In regression model

$y_i=\mathbf{x}_i'\beta+u_i$

the usual assumption is that $(y_i,\mathbf{x}_i,u_i)$, $i=1,...,n$ is a iid sample. Under assumptions that $E\mathbf{x}_iu_i=0$ and $E(\mathbf{x}_i\mathbf{x}_i')$ has a full rank, ordinary least squares estimator

$\widehat{\beta}=(\sum_{i=1}^n\mathbf{x}_i\mathbf{x}_i')^{-1}\sum_{i=1}\mathbf{x}_iy_i$ 

is consistent and assymptoticaly normal.

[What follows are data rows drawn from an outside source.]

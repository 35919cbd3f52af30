// Both sides of each limit of document 01: its section 5 line by line, the refusals of section 3, and of section 6 the danger that rubbish takes the room. Then
// document 03, section 4, step by step.
// B = 4,096 and 4,097 are left out: no chip of more than five blocks is lent.
//
// The cases are a script, the file stdin: text that has a line for each step. Each line is printed with what it is answered.
//
//     # ..                a heading
//     lend N BYTE M       from here on a chip of N bytes is lent, each of them that byte, and a work area of M words, with power that stays
//     fuse N              the power goes during the Nth erase or write from here on; 0: it has gone
//     noise zeros         what a cut leaves (document 03, section 1); or `ones`, `mixed`; or `forged`, the page of `put a 2` on every page of a block,
//                         or `kept`, that page where it stood and ones elsewhere
//     start, format, put KEY VALUE, delete KEY, count
//     get KEY N           with a buffer of N bytes, which is printed; its bytes were dots
//     puts KEY N          N puts of the key, with the values 0, 1, 2, ..
//
// In a key or a value `v*221` stands for 221 times v, and `%7f` for the byte 0x7F.
#![tactic(auto)]

use calls::{Bench, Call};
use lent::Refusal;
use std::io;
use trying::{LONGEST, Noise, Text};

// What a line of the script says.
#[derive(Clone, Copy)]
enum Line {
    Heading,
    Lend,
    Fuse(u64),
    Noise(Noise),
    Count,
    Get(Text, usize),
    // no call where the line names none: it is done
    Call(Option<Call>),
}

impl Line {
    fn read(line: &[u8]) -> Line {
        match trying::word(line, 0) {
            b"" | b"#" => Line::Heading,
            b"lend" => Line::Lend,
            b"fuse" => Line::Fuse(trying::numeral(line, 1)),
            b"noise" => Line::Noise(Noise::try_from(trying::word(line, 1)).unwrap_or(Noise::Kept)),
            b"count" => Line::Count,
            b"get" => Line::Get(trying::bytes(line, 1), trying::numeral(line, 2) as usize),
            _ => Line::Call(Call::read(line)),
        }
    }
}

// At most five blocks and 96 words, of which the first so many are lent; and what cuts the calls.
#[derive(Drop)]
struct Store {
    chip: [u8; 20480],
    bytes: usize,
    work: [u32; 96],
    words: usize,
    fuse: u64,
    noise: [u8; 4096],
}

impl Store {
    // lend N BYTE M
    fn lend(&mut self, line: &[u8]) {
        self.bytes = trying::numeral(line, 1) as usize;
        self.words = trying::numeral(line, 3) as usize;
        self.chip = [(trying::numeral(line, 2) % 256) as u8; 20480];
        self.work = [0; 96];
        self.fuse = 1000000000;
        self.noise = [0; 4096];
    }
}

// The answer of a call that answers no number.
fn say(rt: &impl Print, answer: Result<usize, Refusal>) -> io::Result<()> {
    match answer {
        Ok(_) => rt.write_all(b": done"),
        Err(refusal) => print!(rt; ": refused {}", refusal.number()),
    }
}

// The answer of get or count.
fn tell(rt: &impl Print, answer: Result<usize, Refusal>) -> io::Result<()> {
    match answer {
        Ok(n) => print!(rt; ": answers {n}"),
        Err(_) => say(rt, answer),
    }
}

// get KEY N: the buffer is printed whole, so that one sees what was left as it was.
fn tell_get(rt: &impl Print, bench: &Bench<'_>, key: &[u8], n: usize) -> io::Result<()> {
    let mut dots = [b'.'; LONGEST];
    let buffer = &mut dots[..n.min(LONGEST)];
    let answer = bench.get(key, buffer);
    tell(rt, answer)?;
    rt.write_all(b", buffer '")?;
    rt.write_all(buffer)?;
    rt.write_all(b"'")
}

// What a line does that lends nothing and sets no noise, and what it is answered.
fn play_line(rt: &impl Print, line: &Line, bench: &mut Bench<'_>) -> io::Result<()> {
    match line {
        Line::Heading | Line::Lend | Line::Noise(_) => Ok(()),
        Line::Fuse(n) => {
            *bench.fuse = *n;
            Ok(())
        }
        Line::Count => tell(rt, bench.count()),
        Line::Get(key, n) => tell_get(rt, bench, key.as_slice(), *n),
        Line::Call(Some(call)) => say(rt, bench.make(call)),
        Line::Call(None) => say(rt, Ok(0)),
    }
}

// Plays the script, each line printed with what it is answered. The first line lends a chip, whatever it says.
fn play(rt: &impl Print, script: &[u8]) -> io::Result<()> {
    let mut store = Store {
        chip: [0; 20480],
        bytes: 0,
        work: [0; 96],
        words: 0,
        fuse: 0,
        noise: [0; 4096],
    };
    let lines = script
        .split_inclusive(trying::ends_line)
        .map(trying::without_end);
    for (i, line) in lines.enumerate() {
        rt.write_all(line)?;
        match Line::read(line) {
            _ if i == 0 => store.lend(line),
            Line::Lend => store.lend(line),
            Line::Noise(which) => calls::fill_noise(which, &mut store.noise),
            said => {
                let n = store.bytes.min(20480);
                let m = store.words.min(96);
                let mut bench = Bench {
                    chip: &mut store.chip[..n],
                    work: &mut store.work[..m],
                    fuse: &mut store.fuse,
                    noise: &store.noise,
                };
                play_line(rt, &said, &mut bench)?;
            }
        }
        rt.write_all(b"\n")?;
    }
    Ok(())
}

fn main(rt: HostRuntime) -> io::Result<()> {
    let script = trying::input(&rt)?;
    play(&rt, &script)
}
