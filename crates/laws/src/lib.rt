// Results about the specification, in specs/: demand 3, lists of transposes and swaps, compact and full on the grid (document 02, A.11), what a
// symmetrizer leaves is alike, the worked examples. There is no code here.
#![tactic(auto)]
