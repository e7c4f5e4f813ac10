// C names of sets without drift and alike. A slice is passed as a pointer and its length; include/gullyfork.h says the rest.
#![tactic(auto)]

ghost use Rattle.std.specs.Prelude.{◌≡◌};
ghost use Rattle.tables.specs.Limits.{limit3, limit4};
ghost use Rattle.tables.specs.Compact.{shift_tables};
ghost use Rattle.tables.specs.Numbered.{numbered_with};
ghost use Rattle.places.specs.Places.{perms3, perms4};
ghost use Rattle.orbits.specs.Symmetric.{mean6};
ghost use Rattle.fc4.specs.Mean24.{mean24};
ghost use Rattle.acoustic.specs.Acoustic.{perm_trans_symmetrize_full, perm_trans_symmetrize_full_work, perm_trans_symmetrize_compact};
ghost use Rattle.acoustic.specs.Numbered.{numbered_both};

use tables::shift_tables::ShiftTables;

// A full set of third order without drift and alike.
#[unsafe(no_mangle)]
pub extern "C" fn gf_perm_trans_symmetrize_fc3(
    fc3: &mut [f64],
    drift: &mut [f64],
    num_atom: usize,
    level: usize,
) -> u8
    ensures { (result, fc3.new, drift.new)
        ≡ numbered_with (perm_trans_symmetrize_full limit3 2 mean6 perms3 fc3.old num_atom drift.old level) }
{
    let a = acoustic::third_full::perm_trans_symmetrize_fc3(fc3, drift, num_atom, level);
    tables::number(a)
}

// A compact set of third order whose read-out is without drift and alike.
#[unsafe(no_mangle)]
pub extern "C" fn gf_perm_trans_symmetrize_compact_fc3(
    fc3: &mut [f64],
    p2s: &[i64],
    s2pp: &[i64],
    nsym_list: &[i64],
    perms: &[i64],
    done: &mut [u8],
    drift: &mut [f64],
    n_satom: usize,
    n_patom: usize,
    num_trans: usize,
    level: usize,
) -> u8
    ensures { let T = shift_tables p2s.now s2pp.now nsym_list.now perms.now n_satom n_patom num_trans in
        (result, fc3.new, done.new, drift.new)
        ≡ numbered_both (perm_trans_symmetrize_compact limit3 2 mean6 perms3 fc3.old T done.old drift.old level) }
{
    let tables = ShiftTables {
        p2s,
        s2pp,
        nsym_list,
        perms,
        n_satom,
        n_patom,
        num_trans,
    };
    let a = acoustic::third_compact::perm_trans_symmetrize_compact_fc3(
        fc3, &tables, done, drift, level,
    );
    tables::number(a)
}

// A full set of fourth order without drift and alike.
#[unsafe(no_mangle)]
pub extern "C" fn gf_perm_trans_symmetrize_fc4(
    fc4: &mut [f64],
    done: &mut [u8],
    drift: &mut [f64],
    num_atom: usize,
    level: usize,
) -> u8
    ensures { (result, fc4.new, done.new, drift.new)
        ≡ numbered_both (perm_trans_symmetrize_full_work limit4 3 mean24 perms4 fc4.old num_atom done.old drift.old level) }
{
    let a = acoustic::fourth_full::perm_trans_symmetrize_fc4(fc4, done, drift, num_atom, level);
    tables::number(a)
}

// A compact set of fourth order whose read-out is without drift and alike.
#[unsafe(no_mangle)]
pub extern "C" fn gf_perm_trans_symmetrize_compact_fc4(
    fc4: &mut [f64],
    p2s: &[i64],
    s2pp: &[i64],
    nsym_list: &[i64],
    perms: &[i64],
    done: &mut [u8],
    drift: &mut [f64],
    n_satom: usize,
    n_patom: usize,
    num_trans: usize,
    level: usize,
) -> u8
    ensures { let T = shift_tables p2s.now s2pp.now nsym_list.now perms.now n_satom n_patom num_trans in
        (result, fc4.new, done.new, drift.new)
        ≡ numbered_both (perm_trans_symmetrize_compact limit4 3 mean24 perms4 fc4.old T done.old drift.old level) }
{
    let tables = ShiftTables {
        p2s,
        s2pp,
        nsym_list,
        perms,
        n_satom,
        n_patom,
        num_trans,
    };
    let a = acoustic::fourth_compact::perm_trans_symmetrize_compact_fc4(
        fc4, &tables, done, drift, level,
    );
    tables::number(a)
}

The expected covariance betweeen residual and response variable then is

$Ey_iu_i=E(\mathbf{x}_i'\beta+u_i)u_i=Eu_i^2$

If we furthermore assume that $E(u_i|\mathbf{x}_1,...,\mathbf{x}_n)=0$, we can calculate the expected covariance between $y_i$ and the estimate of regression residual:

\begin{align*}
Ey_i\widehat{u}_i&=Ey_i(y_i-\mathbf{x}_i'\widehat{\beta})
\end{align*}
\begin{align*}
=E(\mathbf{x}_i'\beta+u_i)(u_i-\mathbf{x}_i(\widehat{\beta}-\beta))
\end{align*}
\begin{align*}
 =E(u_i^2)(1-E x_i (\sum_{i=1}^n\mathbf{x}_i\mathbf{x}_i')^{-1}\mathbf{x}_i)
\end{align*}

Sorry for poor formatting in the last formula, Mathjax did not want to recognize the line ending sign, and for some reason did not render formula if I used $\mathbf{x}_i$ instead of $x_i$.